#### [DIRECTIONS FOR THIS TASK]
Take every line from the records below that includes the word "usize".
EXERCISE INPUT section start
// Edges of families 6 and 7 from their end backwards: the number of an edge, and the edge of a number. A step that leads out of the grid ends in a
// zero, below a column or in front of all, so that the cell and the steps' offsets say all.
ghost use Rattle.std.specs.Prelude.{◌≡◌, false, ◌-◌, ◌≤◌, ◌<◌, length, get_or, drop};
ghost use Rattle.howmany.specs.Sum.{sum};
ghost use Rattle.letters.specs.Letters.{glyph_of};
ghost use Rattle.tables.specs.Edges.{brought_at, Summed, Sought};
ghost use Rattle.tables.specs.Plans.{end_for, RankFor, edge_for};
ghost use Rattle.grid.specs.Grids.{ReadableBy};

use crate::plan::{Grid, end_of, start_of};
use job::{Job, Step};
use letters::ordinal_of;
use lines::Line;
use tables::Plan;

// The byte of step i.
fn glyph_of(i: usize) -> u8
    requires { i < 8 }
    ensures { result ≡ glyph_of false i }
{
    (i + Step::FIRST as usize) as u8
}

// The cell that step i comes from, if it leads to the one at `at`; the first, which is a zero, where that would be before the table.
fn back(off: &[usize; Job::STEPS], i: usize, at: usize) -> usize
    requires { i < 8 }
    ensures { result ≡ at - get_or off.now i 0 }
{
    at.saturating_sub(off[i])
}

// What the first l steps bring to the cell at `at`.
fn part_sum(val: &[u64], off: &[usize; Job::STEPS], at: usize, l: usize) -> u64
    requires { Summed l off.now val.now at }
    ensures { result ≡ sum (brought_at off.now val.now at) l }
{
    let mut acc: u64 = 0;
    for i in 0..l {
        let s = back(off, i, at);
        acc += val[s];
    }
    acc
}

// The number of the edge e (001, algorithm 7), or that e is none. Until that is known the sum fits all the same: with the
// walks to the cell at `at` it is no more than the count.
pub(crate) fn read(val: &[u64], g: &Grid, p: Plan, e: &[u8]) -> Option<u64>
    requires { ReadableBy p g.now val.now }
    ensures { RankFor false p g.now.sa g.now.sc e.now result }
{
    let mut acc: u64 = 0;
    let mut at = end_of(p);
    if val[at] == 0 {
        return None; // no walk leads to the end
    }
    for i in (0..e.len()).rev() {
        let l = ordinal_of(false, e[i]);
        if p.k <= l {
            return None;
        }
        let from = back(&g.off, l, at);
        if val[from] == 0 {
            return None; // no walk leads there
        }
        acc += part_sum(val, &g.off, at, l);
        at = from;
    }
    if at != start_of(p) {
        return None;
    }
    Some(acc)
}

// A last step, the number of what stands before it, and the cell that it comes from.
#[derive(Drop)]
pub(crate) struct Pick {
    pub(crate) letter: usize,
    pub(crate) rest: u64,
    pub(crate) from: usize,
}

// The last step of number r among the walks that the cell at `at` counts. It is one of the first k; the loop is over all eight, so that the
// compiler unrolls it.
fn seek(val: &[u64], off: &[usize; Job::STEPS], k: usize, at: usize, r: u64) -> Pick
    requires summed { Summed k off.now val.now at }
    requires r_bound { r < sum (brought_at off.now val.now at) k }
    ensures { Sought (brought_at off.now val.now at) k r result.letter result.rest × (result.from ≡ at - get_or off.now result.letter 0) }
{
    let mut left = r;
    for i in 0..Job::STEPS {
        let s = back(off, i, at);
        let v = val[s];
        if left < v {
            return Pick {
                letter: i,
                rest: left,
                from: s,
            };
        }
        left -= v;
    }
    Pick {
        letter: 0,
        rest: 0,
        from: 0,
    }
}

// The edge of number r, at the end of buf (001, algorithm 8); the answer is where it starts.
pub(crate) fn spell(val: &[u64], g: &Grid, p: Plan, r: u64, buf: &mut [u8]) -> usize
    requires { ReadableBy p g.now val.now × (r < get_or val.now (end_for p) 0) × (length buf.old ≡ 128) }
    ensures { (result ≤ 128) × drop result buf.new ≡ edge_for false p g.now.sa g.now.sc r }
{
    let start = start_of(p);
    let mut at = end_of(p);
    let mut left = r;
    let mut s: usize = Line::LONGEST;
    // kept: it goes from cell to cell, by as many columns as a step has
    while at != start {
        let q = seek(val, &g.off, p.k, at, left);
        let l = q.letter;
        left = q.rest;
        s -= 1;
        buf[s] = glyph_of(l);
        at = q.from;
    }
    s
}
EXERCISE INPUT section end
#### [PROBLEM SOLUTION]
fn glyph_of(i: usize) -> u8
    (i + Step::FIRST as usize) as u8
fn back(off: &[usize; Job::STEPS], i: usize, at: usize) -> usize
fn part_sum(val: &[u64], off: &[usize; Job::STEPS], at: usize, l: usize) -> u64
    pub(crate) letter: usize,
    pub(crate) from: usize,
fn seek(val: &[u64], off: &[usize; Job::STEPS], k: usize, at: usize, r: u64) -> Pick
pub(crate) fn spell(val: &[u64], g: &Grid, p: Plan, r: u64, buf: &mut [u8]) -> usize
    let mut s: usize = Line::LONGEST;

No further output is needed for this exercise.